Q6. What are the measurements of the ellipticity of the stars in their images?

In order to measure the necessary parameters of all the stars in their images (using Equations (1)–(10)), the authors require centroid coordinates and FWHM measurements of the PSF of each source. 

Q7. How can the authors predict the separation of binary members?

Using the measured relation to predict the Robo-AO measured separation on the basis of PTF data alone confirms that BinaryFinder can measure the binary separations to ∼25% precision. 

Q8. What is the crossover point between single stars and high-confidence binaries?

The crossover point between single stars and high-confidence binaries occurs at the ellipticities predicted by their artificial point source simulations (Section 3), although the >80% binarity fraction of the targets with ellipticities between 0.01 and 0.02, compared to the zero binarity fraction at lower ellipticities, suggests that a less conservative limit could be set for many science programs. 

Q9. How did the authors make the anisotropy dependent on the location of the CCD?

In order to make this anisotropy dependent on the location within the CCD, the authors placed four reference anisotropy kernels at the four corners of their CCD. 

Q10. How many times smaller was the change in the ellipticities of the objects in each?

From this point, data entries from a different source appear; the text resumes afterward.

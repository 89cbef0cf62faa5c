//! A program that begins and ends as the others do. It writes each of its words on a line. Its exit
//! status is the number of the words, or 255 if a write fails.
#![tactic(auto)]

ghost use Rattle.std.specs.Prelude.{◌≡◌, ◌⊎◌, ◌<◌, IfOk, false, length, min};
ghost use Rattle.hippo_keeper.specs.Keeping.{IsReady};
ghost use Rattle.hippo_keeper.specs.MemoryKeeping.{memory_keeper_state};

use hippo_io::{Failed, Sink, Source, write_whole};
use hippo_keeper::{CountedKeeper, KeeperFails, MemoryKeeper};
use hippo_program_start::{Ended, Host, Program, start};
use hippo_values::Txt;
use std::marker::Brand;
use std::rt::HostRuntime;
use std::sync::ledger::{Blank, Ledger};

// Writes each word on a line, and returns how many there are.
fn say_words<K: Sink>(words: &[Txt], sink: &mut K) -> Result<u8, Failed>
    ensures count { IfOk result (λ count. count ≡ min 255 (length words.now)) }
{
    let mut count: u8 = 0;
    for word in words {
        write_whole(sink, word.as_str().as_bytes())?;
        write_whole(sink, b"\n")?;
        count = count.saturating_add(1);
    }
    Ok(count)
}

#[derive(Clone, Copy)]
struct Echo;

impl Program for Echo {
    ghost Answers = { λ echo words status before after.
        (status ≡ min 255 (length words)) ⊎ (status ≡ 255) };

    fn call<S: Source, K: Sink, P: CountedKeeper<L>, L: Ledger>(
        &self,
        words: &[Txt],
        host: &mut Host<S, K, P, L>,
    ) -> u8 {
        say_words(words, &mut host.sink).unwrap_or(u8::MAX)
    }
}

// The program counts its steps in a ledger that nothing else uses.
fn begin<L: Ledger>(rt: HostRuntime, keeper: MemoryKeeper, blank: Blank) -> Ended<MemoryKeeper>
    requires ready { IsReady false (memory_keeper_state keeper) }
    requires name { blank.name ≡ L.name }
    requires parts { blank.parts ≡ L.parts }
    requires some { 0 < blank.parts }
{
    start::<Echo, MemoryKeeper, L>(rt, &Echo, keeper, blank)
}

fn main(rt: HostRuntime) -> Ended<MemoryKeeper> {
    let keeper = MemoryKeeper::new(rt.alloc(), KeeperFails::new(rt.alloc()));
    begin::<Brand>(rt, keeper, Blank::new(1))
}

The authors found that, when using a third degree instead of second degree fit of the p1 and p2 parameters, the resulting change in the corrected ellipticities of the objects in each image was approximately nine times smaller than if the authors used a second degree fit but varied the raw ellipticities and PSF anisotropy parameters by random values consistent with their measurement error. 

Q11. What is the way to correct the ellipticities of high-flux objects?

While applying the algorithm to the PTF images, the authors noticed that the ellipticities of high-flux objects were not corrected accurately to zero using a fit dependent only on x and y object coordinates. 

Q12. What is the way to correct the ellipticities of the regions?

the subset of sources used to create the fits should always extend further than the boundaries of the region being corrected (as shown by the blue square in Figure 1), to ensure that the ellipticities of all sources are corrected based on a fit obtained from sources surrounding them on all sides. 

Q13. What was the average exposure time of the July targets?

The Julytargets, with R.A.s around 13 hr, were observed with 60 s total exposure times in the i-band filter; the August targets (R.A.s of 22–23 hr) used a long-pass filter with a 600 nm cut-on to obtain increased signal compared to a bandpass filter. 

Q14. How many FWHMs do the authors measure for e1 and e2?

When the authors measure the corrected ellipticities of an object across multiple images, the authors measure many values for e1 and e2 at a variety of FWHMs.